Ursache
Die Hypothyreose des Hundes ist eine Unterfunktion der Schilddrüse und gehört zu den Stoffwechselerkrankungen. Die Schilddrüse ist unter anderem zuständig für die Produktion der Hormone Thyroxin (T4) und Triiodthyronin (T3). Sowohl T4 und T3 sind wichtige Mitspieler im Kohlenhydrat-, Lipid- und Proteinstoffwechsel sowie im Wärmehaushalt des Körpers. Dadurch lässt sich beispielsweise die Lethargie (Lustlosigkeit), die Gewichtszunahme und die Kälteintoleranz erklären, unter denen erkrankte Hunde oftmals leiden. Grob erklärt kommt es zu einem Herunterfahren des Stoffwechsels im Körper, wenn ein Mangel an Schilddrüsenhormonen besteht.

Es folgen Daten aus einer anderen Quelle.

//! A floor and its tables, and the calls that are made on it.
use crate::digest::Digest;
use crate::phase::Step;
use chooser::Chooser;
use delivery::Delivery;
use fault::Fault;
use floor::Floor;
use host::{HostTables, TableLengths};
use quorum::Majority;
use quote::Quote;
use refusal::Refusal;
use std::alloc::{AllocError, Global};
use tables::{Members, NodeRecord, OperationRow, SheetCopy};

/// How many nodes there are.
const NODES: u8 = 16;

/// The ballot of the offer that stands first.
const BALLOT: u8 = 8;

/// A floor, and the tables that are handed to it.
#[derive(Drop)]
pub(crate) struct Lane<S: Chooser + Drop> {
    floor: Floor<Quote, Majority, S>,
    host: HostTables,
    /// What the next write writes is made of this.
    price: u32,
}

impl<S: Chooser + Drop> Lane<S> {
    pub(crate) fn new(
        alloc: Global,
        lengths: TableLengths,
        chooser: S,
    ) -> Result<Lane<S>, AllocError> {
        Ok(Lane {
            floor: Floor::new(Majority, chooser),
            host: HostTables::new(alloc, lengths)?,
            price: 0,
        })
    }

    /// A new floor on the same tables.
    pub(crate) fn renew(&mut self, chooser: S) {
        self.floor = Floor::new(Majority, chooser);
    }

    /// Makes the calls of a step.
    pub(crate) fn make(&mut self, step: &Step, digest: &mut Digest) {
        match step {
            Step::Open { members } => digest.add(self.open(*members)),
            Step::Read { node, count } => self.read_often(*node, *count, digest),
            Step::Write { node, count } => self.write_often(*node, *count, digest),
            Step::Deliver { first, end } => self.deliver_each(*first, *end, digest),
            Step::Lose { first, end } => self.lose_each(*first, *end, digest),
            Step::Regroup { node, members } => digest.add(self.regroup(*node, *members)),
            Step::Propose { operation } => digest.add(self.propose(*operation)),
            Step::Work { number } => self.decide(*number, digest),
            Step::Settle { node } => digest.add(self.settle(*node)),
        }
    }

    /// Adds what the tables hold, but for opening tags, stopped marks and proposal rows.
    pub(crate) fn add_tables(&self, digest: &mut Digest) {
        digest.add_bytes(&self.host.frames);
        for record in self.host.nodes.iter() {
            add_record(record, digest);
        }
        for row in self.host.operations.iter() {
            add_row(row, digest);
        }
    }

    fn read_often(&mut self, node: u8, count: u16, digest: &mut Digest) {
        for _ in 0..count {
            digest.add(self.read(node));
        }
    }

    fn write_often(&mut self, node: u8, count: u16, digest: &mut Digest) {
        for _ in 0..count {
            digest.add(self.write(node));
        }
    }

    fn deliver_each(&mut self, first: u16, end: u16, digest: &mut Digest) {
        for slot in first..end {
            digest.add(self.deliver(slot));
        }
    }

    fn lose_each(&mut self, first: u16, end: u16, digest: &mut Digest) {
        for slot in first..end {
            digest.add(self.lose(slot));
        }
    }

    // Three of five acceptors promise and accept the ballot of the first offer, and it is counted.
    fn decide(&mut self, number: u8, digest: &mut Digest) {
        for (step, set) in WORK {
            digest.add(self.work(number, step, set));
        }
    }

    fn open(&mut self, members: Members) -> u64 {
        let Ok(content) = Quote::new(500, 510) else {
            return 0;
        };
        done(
            self.floor.open(
                &mut self.host.nodes,
                &self.host.operations,
                &mut self.host.frames,
                &self.host.proposals,
                NODES,
                members,
                &content,
            ),
        )
    }

    fn read(&mut self, node: u8) -> u64 {
        row(
            self.floor.read(
                &self.host.nodes,
                &mut self.host.operations,
                &mut self.host.frames,
                &self.host.proposals,
                node,
            ),
        )
    }

    fn write(&mut self, node: u8) -> u64 {
        self.price = self.price.wrapping_add(1);
        let Ok(content) = Quote::new(self.price, u32::MAX) else {
            return 0;
        };
        row(
            self.floor.write(
                &mut self.host.nodes,
                &mut self.host.operations,
                &mut self.host.frames,
                &self.host.proposals,
                node,
                &content,
            ),
        )
    }

    fn deliver(&mut self, slot: u16) -> u64 {
        delivered(
            self.floor.deliver(
                &mut self.host.nodes,
                &mut self.host.operations,
                &mut self.host.frames,
                &self.host.proposals,
                slot,
            ),
        )
    }

    fn lose(&mut self, slot: u16) -> u64 {
        done(
            self.floor.lose(
                &self.host.nodes,
                &self.host.operations,
                &mut self.host.frames,
                &self.host.proposals,
                slot,
            ),
        )
    }

    fn regroup(&mut self, node: u8, members: Members) -> u64 {
        row(
            self.floor.regroup(
                &mut self.host.nodes,
                &mut self.host.operations,
                &mut self.host.frames,
                &self.host.proposals,
                node,
                members,
            ),
        )
    }

    fn propose(&mut self, operation: u16) -> u64 {
        small(
            self.floor.propose(
                &self.host.nodes,
                &mut self.host.operations,
                &self.host.frames,
                &mut self.host.proposals,
                operation,
            ),
        )
    }

    fn work(&mut self, number: u8, step: u8, set: u8) -> u64 {
        done(
            self.floor.work(
                &self.host.nodes,
                &self.host.operations,
                &self.host.frames,
                &self.host.proposals,
                number,
                step,
                BALLOT,
                set,
            ),
        )
    }

    fn settle(&mut self, node: u8) -> u64 {
        small(
            self.floor.settle(
                &self.host.nodes,
                &self.host.operations,
                &mut self.host.frames,
                &self.host.proposals,
                node,
            ),
        )
    }
}

// The steps of work by which a synod decides, with their sets: three promise, the ballot is fixed, three accept, it is counted.
const WORK: [(u8, u8); 8] = [
    (1, 0b00001),
    (1, 0b00010),
    (1, 0b00100),
    (2, 0b00111),
    (3, 0b00001),
    (3, 0b00010),
    (3, 0b00100),
    (4, 0b00111),
];

// A ground's number, apart from all other answers.
fn refused(fault: Fault) -> u64 {
    10_000 + u64::from(fault.number())
}

fn done(answer: Result<(), Fault>) -> u64 {
    match answer {
        Ok(()) => 0,
        Err(fault) => refused(fault),
    }
}

fn row(answer: Result<u16, Fault>) -> u64 {
    match answer {
        Ok(row) => u64::from(row),
        Err(fault) => refused(fault),
    }
}

fn small(answer: Result<u8, Fault>) -> u64 {
    match answer {
        Ok(number) => u64::from(number),
        Err(fault) => refused(fault),
    }
}

fn delivered(answer: Result<Delivery, Fault>) -> u64 {
    match answer {
        Ok(delivery) => u64::from(delivery.number()),
        Err(fault) => refused(fault),
    }
}

fn add_copy(copy: &SheetCopy, digest: &mut Digest) {
    digest.add(u64::from(copy.tag.version));
    digest.add(u64::from(copy.tag.node));
    digest.add_bytes(&copy.content);
}

fn add_members(members: &Members, digest: &mut Digest) {
    digest.add(u64::from(members.count));
    digest.add_bytes(&members.nodes);
}

fn add_record(record: &NodeRecord, digest: &mut Digest) {
    digest.add(record.status as u64);
    digest.add(u64::from(record.configuration.number));
    add_members(&record.configuration.members, digest);
    add_copy(&record.stored, digest);
    add_copy(&record.served, digest);
    digest.add(u64::from(record.newest));
}

fn add_row(row: &OperationRow, digest: &mut Digest) {
    digest.add(row.kind as u64);
    digest.add(row.state as u64);
    digest.add(u64::from(row.node));
    digest.add(u64::from(row.number));
    add_copy(&row.copy, digest);
    add_members(&row.members, digest);
    digest.add(u64::from(row.set));
    digest.add(u64::from(row.start));
    digest.add(u64::from(row.answer));
}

Die Erkrankung kann in zwei Hauptformen aufgeteilt werden, die angeborene (kongenitale) und die primäre (Ursache in der Schilddrüse) Hypothyreose. Die angeborene Form ist sehr selten und kommt bei jungen Welpen vor. Bei der primären Hypothyreose handelt es sich meist um eine immunvermittelte Erkrankung. Das heißt der Körper erkennt die eigene Schilddrüse als fremd an und attackiert diese. Dadurch kommt es zu irreversiblen Schäden, wodurch die Schilddrüse nicht mehr in der Lage ist, genügend Hormone zu produzieren. Auch eine sogenannte idiopathische Atrophie (Verkümmern der Schilddrüse ohne erkennbaren Grund) ist eine mögliche Ursache. Hunde, die an dieser sogenannten primären Hypothyreose erkranken, sind meist im Alter zwischen 2 und 7 Jahren.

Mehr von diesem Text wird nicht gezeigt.